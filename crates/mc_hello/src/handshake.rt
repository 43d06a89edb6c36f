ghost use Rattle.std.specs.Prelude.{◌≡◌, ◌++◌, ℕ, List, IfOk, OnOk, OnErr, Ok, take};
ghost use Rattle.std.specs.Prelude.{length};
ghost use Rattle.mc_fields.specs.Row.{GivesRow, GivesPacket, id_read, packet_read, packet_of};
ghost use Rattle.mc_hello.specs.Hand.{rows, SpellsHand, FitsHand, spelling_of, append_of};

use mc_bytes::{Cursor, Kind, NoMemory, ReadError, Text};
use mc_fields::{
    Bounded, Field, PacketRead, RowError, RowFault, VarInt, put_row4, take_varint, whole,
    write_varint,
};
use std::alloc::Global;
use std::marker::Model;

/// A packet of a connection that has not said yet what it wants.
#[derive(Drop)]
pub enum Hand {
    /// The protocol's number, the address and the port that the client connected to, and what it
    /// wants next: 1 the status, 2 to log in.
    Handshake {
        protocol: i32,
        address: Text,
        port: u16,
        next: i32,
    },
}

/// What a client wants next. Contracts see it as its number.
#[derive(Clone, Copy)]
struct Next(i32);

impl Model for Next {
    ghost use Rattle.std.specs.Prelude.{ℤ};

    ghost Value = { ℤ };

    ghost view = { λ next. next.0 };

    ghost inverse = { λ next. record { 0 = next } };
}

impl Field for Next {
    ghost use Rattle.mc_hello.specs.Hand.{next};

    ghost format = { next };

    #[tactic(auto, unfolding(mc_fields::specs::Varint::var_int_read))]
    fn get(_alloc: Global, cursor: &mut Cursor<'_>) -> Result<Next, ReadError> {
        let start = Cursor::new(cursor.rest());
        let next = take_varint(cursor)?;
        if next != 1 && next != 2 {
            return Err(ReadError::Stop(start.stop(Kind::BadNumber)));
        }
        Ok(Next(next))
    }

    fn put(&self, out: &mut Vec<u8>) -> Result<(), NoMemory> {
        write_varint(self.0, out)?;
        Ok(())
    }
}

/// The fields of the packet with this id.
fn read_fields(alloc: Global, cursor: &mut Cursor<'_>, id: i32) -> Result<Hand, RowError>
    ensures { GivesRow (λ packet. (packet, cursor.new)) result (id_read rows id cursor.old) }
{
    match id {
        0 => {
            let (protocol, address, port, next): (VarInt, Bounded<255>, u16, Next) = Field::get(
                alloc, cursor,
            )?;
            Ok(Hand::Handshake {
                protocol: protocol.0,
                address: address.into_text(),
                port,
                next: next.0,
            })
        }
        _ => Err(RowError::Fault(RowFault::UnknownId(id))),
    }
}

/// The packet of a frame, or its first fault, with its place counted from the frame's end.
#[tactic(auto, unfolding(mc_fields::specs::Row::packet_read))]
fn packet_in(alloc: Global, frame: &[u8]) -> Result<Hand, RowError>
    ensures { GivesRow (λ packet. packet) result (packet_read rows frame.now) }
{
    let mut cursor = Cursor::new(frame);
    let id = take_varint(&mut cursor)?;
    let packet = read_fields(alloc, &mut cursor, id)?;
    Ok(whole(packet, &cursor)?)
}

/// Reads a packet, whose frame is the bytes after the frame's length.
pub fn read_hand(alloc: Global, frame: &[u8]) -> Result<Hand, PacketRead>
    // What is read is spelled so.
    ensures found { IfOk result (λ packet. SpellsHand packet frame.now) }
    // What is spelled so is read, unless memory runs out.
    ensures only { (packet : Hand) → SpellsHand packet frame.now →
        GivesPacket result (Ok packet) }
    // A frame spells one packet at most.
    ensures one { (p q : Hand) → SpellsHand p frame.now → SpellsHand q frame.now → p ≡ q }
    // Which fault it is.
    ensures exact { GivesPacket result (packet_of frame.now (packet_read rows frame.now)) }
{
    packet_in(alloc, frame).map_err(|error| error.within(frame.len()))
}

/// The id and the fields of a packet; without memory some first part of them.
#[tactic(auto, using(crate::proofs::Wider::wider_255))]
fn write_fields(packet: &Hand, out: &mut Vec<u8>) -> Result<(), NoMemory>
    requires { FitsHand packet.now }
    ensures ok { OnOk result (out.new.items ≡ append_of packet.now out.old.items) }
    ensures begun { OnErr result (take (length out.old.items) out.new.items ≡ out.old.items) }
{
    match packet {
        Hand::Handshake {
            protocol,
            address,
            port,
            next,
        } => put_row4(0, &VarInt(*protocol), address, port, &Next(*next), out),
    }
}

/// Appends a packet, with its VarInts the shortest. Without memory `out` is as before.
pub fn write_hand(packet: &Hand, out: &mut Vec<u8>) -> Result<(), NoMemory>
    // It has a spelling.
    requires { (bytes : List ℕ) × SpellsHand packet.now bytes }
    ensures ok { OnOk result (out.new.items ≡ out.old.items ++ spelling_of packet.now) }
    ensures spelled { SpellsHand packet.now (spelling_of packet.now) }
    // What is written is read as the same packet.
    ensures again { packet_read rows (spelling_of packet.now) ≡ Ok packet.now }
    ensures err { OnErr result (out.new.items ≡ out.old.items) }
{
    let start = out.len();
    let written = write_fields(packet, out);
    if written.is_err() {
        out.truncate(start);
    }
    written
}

...

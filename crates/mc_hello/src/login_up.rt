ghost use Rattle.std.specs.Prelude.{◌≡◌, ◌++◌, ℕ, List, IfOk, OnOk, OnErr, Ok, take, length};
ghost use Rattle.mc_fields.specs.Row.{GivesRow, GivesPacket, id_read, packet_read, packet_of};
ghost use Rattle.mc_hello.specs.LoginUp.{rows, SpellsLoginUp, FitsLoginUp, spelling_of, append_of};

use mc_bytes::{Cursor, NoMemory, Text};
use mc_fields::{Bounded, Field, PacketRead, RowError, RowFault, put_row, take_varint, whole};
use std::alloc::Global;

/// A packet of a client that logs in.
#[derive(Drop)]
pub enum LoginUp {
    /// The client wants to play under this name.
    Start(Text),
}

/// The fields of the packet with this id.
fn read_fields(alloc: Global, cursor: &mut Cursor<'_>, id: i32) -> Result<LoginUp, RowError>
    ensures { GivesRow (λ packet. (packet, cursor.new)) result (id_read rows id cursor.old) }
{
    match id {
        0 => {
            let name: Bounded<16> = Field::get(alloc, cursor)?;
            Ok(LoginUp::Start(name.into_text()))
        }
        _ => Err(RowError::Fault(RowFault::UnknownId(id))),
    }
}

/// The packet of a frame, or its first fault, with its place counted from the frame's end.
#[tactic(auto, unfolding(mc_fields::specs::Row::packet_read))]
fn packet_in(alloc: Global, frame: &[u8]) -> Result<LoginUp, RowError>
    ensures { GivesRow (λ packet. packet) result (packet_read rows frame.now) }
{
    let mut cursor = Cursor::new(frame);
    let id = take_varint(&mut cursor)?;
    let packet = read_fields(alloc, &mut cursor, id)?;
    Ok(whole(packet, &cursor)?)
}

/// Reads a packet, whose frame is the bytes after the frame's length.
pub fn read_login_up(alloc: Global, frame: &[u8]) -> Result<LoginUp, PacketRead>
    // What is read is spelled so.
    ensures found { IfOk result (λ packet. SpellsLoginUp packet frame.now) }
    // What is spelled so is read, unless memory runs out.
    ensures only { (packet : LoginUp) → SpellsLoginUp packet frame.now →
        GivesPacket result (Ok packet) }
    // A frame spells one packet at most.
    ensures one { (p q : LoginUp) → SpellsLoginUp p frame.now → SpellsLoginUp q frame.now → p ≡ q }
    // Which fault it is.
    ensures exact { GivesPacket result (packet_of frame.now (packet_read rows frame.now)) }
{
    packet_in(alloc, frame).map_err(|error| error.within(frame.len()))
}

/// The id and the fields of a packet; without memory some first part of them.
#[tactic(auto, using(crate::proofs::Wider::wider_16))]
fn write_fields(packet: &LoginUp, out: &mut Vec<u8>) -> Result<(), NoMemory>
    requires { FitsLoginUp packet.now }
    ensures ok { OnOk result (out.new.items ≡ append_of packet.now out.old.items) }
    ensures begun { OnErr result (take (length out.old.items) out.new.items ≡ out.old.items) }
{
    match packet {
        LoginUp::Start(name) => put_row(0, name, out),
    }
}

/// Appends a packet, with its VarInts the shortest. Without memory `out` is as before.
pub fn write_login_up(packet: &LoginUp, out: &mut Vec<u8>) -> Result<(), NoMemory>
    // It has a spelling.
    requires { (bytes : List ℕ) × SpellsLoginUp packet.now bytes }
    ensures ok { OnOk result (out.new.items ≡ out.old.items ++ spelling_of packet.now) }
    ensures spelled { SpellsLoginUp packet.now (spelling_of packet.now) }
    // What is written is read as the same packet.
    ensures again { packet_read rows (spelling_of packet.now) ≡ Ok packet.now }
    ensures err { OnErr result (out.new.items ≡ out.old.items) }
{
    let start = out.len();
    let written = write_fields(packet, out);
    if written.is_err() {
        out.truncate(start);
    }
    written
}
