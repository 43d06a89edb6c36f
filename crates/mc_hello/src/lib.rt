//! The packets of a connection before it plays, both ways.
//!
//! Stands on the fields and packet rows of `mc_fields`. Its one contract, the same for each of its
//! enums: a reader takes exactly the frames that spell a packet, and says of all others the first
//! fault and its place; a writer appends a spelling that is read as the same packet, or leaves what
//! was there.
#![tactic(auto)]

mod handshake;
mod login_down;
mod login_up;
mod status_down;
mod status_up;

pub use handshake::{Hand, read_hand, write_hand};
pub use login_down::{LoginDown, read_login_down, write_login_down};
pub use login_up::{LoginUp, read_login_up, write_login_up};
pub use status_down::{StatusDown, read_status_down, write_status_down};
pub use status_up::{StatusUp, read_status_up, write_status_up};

PROMPT:
Please copy, exactly and with nothing else, the lines above beginning at the line that has "ℕ) × SpellsLoginUp" and ending with the line that has "others the first".

RESPONSE TO THIS EXERCISE:
    requires { (bytes : List ℕ) × SpellsLoginUp packet.now bytes }
    ensures ok { OnOk result (out.new.items ≡ out.old.items ++ spelling_of packet.now) }
    ensures spelled { SpellsLoginUp packet.now (spelling_of packet.now) }
    // What is written is read as the same packet.
    ensures again { packet_read rows (spelling_of packet.now) ≡ Ok packet.now }
    ensures err { OnErr result (out.new.items ≡ out.old.items) }
{
    let start = out.len();
    let written = write_fields(packet, out);
    if written.is_err() {
        out.truncate(start);
    }
    written
}
repository 43d06a89edb6c36f
filename crates/mc_hello/src/lib.rt
//! The packets of a connection before it plays, both ways.
//!
//! Stands on the fields and packet rows of `mc_fields`. Its one contract, the same for each of its
//! enums: a reader takes exactly the frames that spell a packet, and says of all others the first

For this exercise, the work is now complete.